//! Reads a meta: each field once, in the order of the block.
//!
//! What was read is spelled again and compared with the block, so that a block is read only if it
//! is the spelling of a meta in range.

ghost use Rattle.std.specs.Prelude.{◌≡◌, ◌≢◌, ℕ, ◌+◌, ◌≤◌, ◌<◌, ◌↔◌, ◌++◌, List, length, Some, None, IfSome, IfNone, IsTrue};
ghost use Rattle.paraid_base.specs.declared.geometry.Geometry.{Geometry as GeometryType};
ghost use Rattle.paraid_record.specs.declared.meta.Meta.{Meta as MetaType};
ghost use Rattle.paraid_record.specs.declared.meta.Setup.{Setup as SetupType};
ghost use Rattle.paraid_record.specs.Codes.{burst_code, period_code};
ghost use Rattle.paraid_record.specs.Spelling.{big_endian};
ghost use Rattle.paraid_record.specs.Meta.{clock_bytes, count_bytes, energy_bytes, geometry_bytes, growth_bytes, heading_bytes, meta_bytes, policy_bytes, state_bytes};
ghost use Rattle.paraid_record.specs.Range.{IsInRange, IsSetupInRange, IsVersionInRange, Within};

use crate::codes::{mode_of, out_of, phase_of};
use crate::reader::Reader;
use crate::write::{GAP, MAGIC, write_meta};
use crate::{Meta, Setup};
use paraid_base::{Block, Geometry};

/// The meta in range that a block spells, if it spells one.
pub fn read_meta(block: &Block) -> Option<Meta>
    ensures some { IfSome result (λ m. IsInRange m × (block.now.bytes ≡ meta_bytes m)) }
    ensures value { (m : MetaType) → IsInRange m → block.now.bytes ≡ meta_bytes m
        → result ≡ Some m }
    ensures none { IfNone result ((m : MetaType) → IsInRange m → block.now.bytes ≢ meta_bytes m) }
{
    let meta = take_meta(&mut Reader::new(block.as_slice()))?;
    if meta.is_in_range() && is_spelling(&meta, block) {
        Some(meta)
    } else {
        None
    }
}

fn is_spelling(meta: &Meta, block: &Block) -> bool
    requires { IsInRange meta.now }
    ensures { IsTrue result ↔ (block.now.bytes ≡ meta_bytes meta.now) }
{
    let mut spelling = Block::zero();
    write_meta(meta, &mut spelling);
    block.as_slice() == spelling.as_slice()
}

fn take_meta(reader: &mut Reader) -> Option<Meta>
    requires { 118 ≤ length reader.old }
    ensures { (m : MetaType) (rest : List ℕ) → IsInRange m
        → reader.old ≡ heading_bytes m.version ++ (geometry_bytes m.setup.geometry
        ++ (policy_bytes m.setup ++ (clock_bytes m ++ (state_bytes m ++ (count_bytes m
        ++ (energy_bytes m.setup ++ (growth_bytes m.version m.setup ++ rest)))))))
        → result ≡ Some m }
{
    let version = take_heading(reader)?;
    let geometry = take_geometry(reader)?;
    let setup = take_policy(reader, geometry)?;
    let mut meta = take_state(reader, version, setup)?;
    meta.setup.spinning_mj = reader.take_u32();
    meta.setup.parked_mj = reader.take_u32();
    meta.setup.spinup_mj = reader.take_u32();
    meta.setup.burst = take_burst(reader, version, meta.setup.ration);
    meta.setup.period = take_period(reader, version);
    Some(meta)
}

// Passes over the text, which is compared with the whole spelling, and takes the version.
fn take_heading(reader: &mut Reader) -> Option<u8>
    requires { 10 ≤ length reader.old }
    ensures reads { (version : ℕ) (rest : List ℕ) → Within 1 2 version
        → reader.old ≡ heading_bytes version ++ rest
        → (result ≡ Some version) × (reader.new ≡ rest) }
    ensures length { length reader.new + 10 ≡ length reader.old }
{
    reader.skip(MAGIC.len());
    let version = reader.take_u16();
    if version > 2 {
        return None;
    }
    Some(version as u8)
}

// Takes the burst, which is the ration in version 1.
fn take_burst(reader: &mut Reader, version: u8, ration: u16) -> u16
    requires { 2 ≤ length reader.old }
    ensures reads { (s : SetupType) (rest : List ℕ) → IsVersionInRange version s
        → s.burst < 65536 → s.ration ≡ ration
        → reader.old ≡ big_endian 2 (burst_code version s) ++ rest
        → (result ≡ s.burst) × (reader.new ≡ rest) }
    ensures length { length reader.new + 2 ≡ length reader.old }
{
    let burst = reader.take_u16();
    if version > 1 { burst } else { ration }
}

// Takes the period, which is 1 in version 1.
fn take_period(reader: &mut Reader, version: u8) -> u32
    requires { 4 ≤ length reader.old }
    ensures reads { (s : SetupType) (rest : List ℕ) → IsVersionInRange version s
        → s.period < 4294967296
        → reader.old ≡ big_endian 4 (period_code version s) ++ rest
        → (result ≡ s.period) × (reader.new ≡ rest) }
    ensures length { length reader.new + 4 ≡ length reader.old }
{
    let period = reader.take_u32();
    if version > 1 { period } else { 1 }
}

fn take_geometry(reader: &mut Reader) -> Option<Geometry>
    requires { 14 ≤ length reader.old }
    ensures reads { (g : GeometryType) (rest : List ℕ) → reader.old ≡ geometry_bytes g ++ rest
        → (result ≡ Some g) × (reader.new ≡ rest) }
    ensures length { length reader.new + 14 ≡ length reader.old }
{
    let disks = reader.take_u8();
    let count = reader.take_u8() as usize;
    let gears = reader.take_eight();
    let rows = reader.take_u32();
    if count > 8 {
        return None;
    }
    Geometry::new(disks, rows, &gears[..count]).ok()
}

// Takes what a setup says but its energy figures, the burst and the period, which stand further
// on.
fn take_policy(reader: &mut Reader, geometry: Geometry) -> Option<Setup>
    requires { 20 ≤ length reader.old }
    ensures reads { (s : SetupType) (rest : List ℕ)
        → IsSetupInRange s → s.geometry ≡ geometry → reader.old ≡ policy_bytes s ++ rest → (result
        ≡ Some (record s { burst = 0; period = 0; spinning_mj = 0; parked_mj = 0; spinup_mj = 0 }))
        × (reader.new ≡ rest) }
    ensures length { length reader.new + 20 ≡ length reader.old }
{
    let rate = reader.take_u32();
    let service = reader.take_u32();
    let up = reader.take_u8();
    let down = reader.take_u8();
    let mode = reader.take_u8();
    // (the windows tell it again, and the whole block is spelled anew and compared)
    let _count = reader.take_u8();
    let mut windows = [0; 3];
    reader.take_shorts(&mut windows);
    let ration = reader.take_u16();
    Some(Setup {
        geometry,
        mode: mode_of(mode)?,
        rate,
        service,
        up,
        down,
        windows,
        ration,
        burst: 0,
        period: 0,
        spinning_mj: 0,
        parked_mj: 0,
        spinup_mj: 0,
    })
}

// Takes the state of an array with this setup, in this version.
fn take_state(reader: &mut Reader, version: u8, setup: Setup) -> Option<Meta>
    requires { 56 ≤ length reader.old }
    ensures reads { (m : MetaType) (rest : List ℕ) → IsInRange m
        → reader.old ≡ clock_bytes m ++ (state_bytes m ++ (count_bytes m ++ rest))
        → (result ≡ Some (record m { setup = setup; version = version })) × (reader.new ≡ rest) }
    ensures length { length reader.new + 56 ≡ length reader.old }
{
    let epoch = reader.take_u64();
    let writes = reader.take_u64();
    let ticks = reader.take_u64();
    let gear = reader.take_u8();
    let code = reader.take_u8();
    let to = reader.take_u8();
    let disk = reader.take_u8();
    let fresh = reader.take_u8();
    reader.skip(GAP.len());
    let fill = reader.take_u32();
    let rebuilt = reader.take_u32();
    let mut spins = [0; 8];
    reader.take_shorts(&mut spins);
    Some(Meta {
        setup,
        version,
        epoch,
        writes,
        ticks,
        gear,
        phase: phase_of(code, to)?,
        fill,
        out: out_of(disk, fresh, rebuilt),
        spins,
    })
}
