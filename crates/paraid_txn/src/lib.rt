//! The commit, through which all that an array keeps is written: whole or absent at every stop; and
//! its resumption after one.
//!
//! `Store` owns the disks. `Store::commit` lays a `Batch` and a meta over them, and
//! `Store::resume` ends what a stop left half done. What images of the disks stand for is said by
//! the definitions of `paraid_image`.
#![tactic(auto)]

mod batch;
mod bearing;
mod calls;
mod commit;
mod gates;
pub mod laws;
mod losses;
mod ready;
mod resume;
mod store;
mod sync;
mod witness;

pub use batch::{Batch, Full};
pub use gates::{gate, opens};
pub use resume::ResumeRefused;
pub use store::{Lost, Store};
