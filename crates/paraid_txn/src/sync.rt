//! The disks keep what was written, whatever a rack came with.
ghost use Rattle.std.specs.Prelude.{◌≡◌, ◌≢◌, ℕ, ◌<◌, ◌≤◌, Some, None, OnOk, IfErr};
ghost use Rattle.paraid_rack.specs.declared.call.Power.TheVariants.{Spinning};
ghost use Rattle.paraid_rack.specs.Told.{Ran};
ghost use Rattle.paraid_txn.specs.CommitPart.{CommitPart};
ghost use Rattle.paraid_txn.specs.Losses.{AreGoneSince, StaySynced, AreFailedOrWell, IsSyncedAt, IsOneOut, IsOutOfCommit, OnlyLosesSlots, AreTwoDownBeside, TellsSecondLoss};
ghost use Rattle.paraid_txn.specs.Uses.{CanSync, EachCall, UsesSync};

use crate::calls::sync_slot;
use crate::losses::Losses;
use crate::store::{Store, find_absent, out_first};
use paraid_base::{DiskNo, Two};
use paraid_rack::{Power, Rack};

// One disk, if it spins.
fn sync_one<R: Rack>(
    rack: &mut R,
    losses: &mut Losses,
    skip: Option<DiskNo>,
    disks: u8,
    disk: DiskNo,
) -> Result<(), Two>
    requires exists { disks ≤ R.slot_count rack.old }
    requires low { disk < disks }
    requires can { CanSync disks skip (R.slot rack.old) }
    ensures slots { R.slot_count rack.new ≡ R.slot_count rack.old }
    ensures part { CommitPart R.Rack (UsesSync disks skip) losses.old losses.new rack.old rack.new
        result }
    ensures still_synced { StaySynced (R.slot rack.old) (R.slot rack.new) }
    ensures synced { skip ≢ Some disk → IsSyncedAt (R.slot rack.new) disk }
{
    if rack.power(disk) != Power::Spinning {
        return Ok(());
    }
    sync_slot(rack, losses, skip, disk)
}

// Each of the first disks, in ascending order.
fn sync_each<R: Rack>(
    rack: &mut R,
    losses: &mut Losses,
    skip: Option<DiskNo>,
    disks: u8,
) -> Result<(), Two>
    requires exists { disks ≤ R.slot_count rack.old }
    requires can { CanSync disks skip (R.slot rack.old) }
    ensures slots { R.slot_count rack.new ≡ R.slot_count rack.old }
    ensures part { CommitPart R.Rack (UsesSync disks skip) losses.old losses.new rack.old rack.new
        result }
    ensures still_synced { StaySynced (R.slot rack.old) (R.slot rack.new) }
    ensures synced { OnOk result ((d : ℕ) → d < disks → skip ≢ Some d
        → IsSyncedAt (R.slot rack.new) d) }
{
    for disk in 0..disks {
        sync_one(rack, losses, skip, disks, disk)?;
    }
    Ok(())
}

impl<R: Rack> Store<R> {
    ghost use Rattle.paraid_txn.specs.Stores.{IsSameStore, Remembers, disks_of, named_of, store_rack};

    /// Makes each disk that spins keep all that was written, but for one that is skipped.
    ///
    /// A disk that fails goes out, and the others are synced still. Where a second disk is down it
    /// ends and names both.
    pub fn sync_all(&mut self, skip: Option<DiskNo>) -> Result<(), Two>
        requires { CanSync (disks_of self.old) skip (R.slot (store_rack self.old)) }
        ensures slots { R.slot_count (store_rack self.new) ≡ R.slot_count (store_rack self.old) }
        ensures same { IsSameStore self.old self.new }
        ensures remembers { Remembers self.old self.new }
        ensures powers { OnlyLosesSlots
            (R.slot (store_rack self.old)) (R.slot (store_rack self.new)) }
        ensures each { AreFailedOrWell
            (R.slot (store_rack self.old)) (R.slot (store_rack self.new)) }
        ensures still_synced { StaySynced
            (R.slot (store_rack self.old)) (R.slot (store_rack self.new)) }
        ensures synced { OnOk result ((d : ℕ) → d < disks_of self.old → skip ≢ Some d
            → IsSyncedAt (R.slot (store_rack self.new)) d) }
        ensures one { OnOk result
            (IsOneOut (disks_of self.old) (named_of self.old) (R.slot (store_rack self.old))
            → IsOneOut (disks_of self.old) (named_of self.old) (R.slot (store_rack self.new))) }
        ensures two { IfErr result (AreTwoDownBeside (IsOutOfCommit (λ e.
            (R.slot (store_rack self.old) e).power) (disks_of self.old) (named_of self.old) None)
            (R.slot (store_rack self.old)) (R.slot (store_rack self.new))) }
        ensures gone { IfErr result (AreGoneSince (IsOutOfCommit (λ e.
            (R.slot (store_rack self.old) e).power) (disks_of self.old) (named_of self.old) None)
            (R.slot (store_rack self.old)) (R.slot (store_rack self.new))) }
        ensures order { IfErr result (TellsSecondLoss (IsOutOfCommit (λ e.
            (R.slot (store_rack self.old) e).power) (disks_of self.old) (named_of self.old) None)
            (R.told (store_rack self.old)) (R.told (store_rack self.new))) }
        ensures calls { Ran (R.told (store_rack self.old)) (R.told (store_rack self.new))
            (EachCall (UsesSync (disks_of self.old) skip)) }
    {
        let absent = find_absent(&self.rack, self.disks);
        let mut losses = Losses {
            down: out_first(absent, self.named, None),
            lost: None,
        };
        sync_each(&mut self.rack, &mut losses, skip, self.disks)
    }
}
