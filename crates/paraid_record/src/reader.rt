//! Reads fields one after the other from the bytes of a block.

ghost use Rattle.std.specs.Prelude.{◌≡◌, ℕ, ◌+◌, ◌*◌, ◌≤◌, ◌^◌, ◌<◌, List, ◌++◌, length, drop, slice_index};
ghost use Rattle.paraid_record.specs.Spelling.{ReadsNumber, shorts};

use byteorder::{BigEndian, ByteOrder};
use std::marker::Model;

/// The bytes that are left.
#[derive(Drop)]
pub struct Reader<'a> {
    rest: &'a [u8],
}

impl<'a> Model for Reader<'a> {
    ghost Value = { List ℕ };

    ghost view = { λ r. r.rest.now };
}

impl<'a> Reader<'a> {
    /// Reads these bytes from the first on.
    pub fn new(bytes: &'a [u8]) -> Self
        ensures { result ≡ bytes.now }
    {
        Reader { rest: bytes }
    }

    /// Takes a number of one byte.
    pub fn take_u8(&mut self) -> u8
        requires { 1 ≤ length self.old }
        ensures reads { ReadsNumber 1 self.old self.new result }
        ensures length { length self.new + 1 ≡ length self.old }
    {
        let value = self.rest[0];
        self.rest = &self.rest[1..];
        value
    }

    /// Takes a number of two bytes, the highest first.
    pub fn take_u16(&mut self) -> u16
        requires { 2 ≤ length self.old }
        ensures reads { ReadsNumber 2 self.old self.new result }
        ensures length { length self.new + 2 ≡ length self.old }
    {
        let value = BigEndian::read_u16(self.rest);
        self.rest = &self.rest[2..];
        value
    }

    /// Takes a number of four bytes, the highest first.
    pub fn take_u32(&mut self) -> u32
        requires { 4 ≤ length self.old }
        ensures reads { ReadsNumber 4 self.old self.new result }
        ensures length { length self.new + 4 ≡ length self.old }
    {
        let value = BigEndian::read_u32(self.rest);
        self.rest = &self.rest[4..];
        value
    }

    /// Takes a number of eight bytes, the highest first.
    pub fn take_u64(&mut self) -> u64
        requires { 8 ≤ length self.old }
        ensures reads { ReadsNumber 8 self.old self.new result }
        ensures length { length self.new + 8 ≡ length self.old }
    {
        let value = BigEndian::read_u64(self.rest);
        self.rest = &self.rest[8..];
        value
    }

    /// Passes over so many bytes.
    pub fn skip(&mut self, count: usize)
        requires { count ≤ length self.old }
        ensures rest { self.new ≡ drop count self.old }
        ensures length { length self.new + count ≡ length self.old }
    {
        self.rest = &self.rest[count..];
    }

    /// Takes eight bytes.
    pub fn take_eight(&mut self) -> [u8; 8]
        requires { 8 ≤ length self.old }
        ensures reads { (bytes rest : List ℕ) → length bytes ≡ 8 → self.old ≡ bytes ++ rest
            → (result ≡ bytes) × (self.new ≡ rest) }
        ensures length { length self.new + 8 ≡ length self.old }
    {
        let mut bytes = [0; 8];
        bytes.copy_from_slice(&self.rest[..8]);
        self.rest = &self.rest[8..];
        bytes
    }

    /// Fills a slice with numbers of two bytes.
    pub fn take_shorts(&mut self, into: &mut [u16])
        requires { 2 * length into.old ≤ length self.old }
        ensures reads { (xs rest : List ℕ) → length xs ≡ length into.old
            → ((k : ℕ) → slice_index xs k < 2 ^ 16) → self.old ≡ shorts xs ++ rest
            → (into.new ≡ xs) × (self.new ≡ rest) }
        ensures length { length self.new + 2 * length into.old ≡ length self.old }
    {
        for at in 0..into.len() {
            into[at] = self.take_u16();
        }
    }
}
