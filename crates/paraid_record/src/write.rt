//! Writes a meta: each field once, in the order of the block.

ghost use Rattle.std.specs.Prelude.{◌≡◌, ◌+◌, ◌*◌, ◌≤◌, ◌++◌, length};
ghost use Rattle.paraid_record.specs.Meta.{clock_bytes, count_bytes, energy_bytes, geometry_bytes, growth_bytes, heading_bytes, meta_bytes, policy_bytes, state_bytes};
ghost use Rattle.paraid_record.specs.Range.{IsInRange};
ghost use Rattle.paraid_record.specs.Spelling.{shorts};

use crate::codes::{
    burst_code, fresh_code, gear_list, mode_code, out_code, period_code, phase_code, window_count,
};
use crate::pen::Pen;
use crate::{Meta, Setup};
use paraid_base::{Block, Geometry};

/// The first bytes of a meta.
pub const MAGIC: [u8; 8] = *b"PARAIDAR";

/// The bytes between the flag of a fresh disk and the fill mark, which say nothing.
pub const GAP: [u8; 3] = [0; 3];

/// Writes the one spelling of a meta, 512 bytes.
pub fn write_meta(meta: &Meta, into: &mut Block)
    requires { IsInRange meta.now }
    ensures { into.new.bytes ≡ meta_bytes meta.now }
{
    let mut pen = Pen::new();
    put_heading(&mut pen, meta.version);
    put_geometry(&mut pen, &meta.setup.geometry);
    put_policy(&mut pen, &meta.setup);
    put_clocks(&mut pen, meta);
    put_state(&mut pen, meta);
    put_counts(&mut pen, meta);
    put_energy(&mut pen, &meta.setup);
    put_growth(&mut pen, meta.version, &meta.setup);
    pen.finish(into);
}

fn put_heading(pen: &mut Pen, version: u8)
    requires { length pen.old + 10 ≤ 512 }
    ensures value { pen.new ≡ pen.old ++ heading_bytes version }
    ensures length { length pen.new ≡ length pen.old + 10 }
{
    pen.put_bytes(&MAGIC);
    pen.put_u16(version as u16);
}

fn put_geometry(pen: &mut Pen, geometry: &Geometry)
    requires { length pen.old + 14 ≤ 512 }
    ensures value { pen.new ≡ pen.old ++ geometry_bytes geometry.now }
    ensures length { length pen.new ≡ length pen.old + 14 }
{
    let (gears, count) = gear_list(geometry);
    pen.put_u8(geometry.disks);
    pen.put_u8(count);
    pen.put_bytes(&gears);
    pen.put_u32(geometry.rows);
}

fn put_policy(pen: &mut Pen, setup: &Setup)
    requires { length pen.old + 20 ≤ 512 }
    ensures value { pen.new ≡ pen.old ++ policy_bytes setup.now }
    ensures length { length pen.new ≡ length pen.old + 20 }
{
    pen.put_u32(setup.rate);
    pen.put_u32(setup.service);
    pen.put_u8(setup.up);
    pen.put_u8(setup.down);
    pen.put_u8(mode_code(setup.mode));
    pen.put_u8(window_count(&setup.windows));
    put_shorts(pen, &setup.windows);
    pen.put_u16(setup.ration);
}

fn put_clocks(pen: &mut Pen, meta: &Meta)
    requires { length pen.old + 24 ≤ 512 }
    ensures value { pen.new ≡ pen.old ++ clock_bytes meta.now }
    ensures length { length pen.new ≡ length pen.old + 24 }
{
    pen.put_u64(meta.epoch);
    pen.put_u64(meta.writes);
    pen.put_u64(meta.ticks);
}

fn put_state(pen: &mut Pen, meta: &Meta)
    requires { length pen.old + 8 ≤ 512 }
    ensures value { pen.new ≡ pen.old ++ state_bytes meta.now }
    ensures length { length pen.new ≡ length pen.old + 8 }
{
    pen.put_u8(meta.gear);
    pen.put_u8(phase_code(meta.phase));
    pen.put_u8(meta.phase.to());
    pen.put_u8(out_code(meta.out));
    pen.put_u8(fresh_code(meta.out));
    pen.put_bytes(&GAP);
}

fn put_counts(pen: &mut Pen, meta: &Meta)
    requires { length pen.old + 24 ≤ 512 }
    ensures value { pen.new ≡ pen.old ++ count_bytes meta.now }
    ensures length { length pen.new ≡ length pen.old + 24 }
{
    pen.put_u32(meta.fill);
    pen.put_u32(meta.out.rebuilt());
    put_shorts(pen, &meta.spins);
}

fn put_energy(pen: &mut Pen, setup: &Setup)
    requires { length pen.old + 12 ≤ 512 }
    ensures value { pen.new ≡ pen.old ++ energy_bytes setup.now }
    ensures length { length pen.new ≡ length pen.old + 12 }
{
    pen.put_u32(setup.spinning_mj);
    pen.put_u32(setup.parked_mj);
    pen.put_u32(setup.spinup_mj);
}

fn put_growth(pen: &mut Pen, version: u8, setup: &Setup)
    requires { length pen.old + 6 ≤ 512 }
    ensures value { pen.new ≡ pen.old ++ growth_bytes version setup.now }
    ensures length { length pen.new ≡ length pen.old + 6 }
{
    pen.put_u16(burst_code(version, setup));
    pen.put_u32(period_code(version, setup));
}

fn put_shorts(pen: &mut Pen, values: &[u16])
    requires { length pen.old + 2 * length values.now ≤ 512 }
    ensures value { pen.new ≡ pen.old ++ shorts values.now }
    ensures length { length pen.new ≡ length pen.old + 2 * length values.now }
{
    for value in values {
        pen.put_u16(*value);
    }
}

——

■ **TASK**: Check each line of the records above, and copy those that hold the word "stop".

■ **WORKED SOLUTION**:
//! The commit, through which all that an array keeps is written: whole or absent at every stop; and
//! `Store::resume` ends what a stop left half done. What images of the disks stand for is said by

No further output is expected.